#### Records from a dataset
····················

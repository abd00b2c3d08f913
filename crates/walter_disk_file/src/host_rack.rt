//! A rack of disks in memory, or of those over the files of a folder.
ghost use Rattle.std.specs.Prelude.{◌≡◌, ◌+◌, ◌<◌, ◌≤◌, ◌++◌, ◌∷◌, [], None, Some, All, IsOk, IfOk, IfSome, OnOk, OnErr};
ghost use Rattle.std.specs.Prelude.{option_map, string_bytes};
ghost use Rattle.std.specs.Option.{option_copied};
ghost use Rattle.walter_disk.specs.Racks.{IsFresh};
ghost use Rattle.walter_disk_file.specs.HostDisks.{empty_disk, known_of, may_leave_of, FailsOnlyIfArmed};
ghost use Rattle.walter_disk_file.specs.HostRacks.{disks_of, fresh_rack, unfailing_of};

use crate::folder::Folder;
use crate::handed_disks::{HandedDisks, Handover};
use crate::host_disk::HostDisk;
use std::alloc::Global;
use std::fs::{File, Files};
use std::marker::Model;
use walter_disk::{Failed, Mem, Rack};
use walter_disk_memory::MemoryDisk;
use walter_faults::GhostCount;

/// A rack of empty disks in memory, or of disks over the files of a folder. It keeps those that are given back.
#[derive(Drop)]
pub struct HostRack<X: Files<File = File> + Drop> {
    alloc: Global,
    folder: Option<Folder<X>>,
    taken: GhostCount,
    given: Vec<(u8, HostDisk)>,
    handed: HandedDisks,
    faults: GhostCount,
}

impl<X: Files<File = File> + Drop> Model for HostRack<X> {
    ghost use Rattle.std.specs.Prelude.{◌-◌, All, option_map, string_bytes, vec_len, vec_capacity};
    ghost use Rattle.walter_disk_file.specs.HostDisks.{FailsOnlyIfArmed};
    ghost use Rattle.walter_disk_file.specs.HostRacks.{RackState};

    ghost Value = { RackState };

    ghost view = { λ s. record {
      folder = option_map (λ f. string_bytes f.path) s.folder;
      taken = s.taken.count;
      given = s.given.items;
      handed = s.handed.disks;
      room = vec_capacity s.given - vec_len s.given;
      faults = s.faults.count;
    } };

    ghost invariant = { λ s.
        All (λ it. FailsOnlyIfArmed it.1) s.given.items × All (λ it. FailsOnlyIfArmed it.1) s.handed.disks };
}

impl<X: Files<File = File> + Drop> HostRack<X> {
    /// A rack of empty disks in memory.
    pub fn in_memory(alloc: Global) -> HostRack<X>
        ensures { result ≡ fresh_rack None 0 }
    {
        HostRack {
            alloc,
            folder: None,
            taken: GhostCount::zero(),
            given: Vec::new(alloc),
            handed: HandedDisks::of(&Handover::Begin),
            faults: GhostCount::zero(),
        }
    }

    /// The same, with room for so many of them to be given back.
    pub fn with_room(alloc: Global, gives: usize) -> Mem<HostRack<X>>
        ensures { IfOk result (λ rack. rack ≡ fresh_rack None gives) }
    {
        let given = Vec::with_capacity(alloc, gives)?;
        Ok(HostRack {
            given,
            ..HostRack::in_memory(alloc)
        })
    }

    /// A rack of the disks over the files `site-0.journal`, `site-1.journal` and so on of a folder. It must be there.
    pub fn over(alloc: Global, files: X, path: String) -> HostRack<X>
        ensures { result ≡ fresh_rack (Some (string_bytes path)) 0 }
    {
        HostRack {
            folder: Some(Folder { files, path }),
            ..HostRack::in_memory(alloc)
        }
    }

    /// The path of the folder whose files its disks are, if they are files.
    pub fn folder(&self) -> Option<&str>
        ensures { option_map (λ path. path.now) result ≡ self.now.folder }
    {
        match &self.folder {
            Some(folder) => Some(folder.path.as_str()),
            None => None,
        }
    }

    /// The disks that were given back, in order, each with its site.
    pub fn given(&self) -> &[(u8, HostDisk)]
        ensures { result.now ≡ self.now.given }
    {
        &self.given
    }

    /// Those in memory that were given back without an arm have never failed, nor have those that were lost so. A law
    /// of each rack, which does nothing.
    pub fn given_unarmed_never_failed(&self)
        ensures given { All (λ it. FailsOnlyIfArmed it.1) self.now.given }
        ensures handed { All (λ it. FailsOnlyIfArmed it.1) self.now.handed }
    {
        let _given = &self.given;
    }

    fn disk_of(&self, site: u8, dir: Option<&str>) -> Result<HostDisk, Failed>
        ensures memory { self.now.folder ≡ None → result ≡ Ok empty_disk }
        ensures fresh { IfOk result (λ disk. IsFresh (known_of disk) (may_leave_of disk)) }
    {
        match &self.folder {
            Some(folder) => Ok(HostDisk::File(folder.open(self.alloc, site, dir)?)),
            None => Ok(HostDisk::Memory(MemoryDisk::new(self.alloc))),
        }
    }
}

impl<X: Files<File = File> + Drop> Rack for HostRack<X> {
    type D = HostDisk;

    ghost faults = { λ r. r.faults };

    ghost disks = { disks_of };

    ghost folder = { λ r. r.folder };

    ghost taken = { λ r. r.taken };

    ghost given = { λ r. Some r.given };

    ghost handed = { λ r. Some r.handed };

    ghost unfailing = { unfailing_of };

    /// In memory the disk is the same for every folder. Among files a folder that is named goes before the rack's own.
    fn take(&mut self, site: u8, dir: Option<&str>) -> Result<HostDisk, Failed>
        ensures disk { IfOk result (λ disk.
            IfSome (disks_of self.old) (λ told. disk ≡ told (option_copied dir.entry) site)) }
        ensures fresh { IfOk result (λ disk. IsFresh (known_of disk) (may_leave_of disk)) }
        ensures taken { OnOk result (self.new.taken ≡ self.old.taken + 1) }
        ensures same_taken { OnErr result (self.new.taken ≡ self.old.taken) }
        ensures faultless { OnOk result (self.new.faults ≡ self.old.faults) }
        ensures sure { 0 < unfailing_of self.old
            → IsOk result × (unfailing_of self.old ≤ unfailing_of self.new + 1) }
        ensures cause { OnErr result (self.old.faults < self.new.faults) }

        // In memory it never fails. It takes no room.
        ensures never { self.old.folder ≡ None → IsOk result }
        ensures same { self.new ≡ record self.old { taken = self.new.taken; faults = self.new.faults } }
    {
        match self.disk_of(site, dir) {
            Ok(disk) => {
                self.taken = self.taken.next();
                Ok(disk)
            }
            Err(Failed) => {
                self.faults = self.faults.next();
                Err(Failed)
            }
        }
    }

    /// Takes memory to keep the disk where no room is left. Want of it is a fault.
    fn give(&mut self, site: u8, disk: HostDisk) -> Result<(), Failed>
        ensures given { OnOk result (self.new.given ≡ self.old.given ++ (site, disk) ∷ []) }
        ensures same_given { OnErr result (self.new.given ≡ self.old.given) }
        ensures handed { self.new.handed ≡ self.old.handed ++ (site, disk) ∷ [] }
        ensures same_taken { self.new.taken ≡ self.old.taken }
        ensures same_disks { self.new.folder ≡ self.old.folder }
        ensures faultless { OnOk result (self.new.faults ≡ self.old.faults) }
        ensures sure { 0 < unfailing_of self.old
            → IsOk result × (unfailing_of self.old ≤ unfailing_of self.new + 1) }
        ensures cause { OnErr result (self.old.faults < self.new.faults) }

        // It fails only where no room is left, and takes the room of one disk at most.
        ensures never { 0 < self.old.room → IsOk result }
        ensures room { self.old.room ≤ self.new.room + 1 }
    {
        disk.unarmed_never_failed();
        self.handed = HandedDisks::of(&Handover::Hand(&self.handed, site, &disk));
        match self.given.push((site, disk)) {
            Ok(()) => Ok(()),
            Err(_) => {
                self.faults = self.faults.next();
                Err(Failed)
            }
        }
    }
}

····················

#### Required work
Scan the records above for the word "each" and return every line where it occurs.

#### Exercise solution
    /// The disks that were given back, in order, each with its site.
    /// of each rack, which does nothing.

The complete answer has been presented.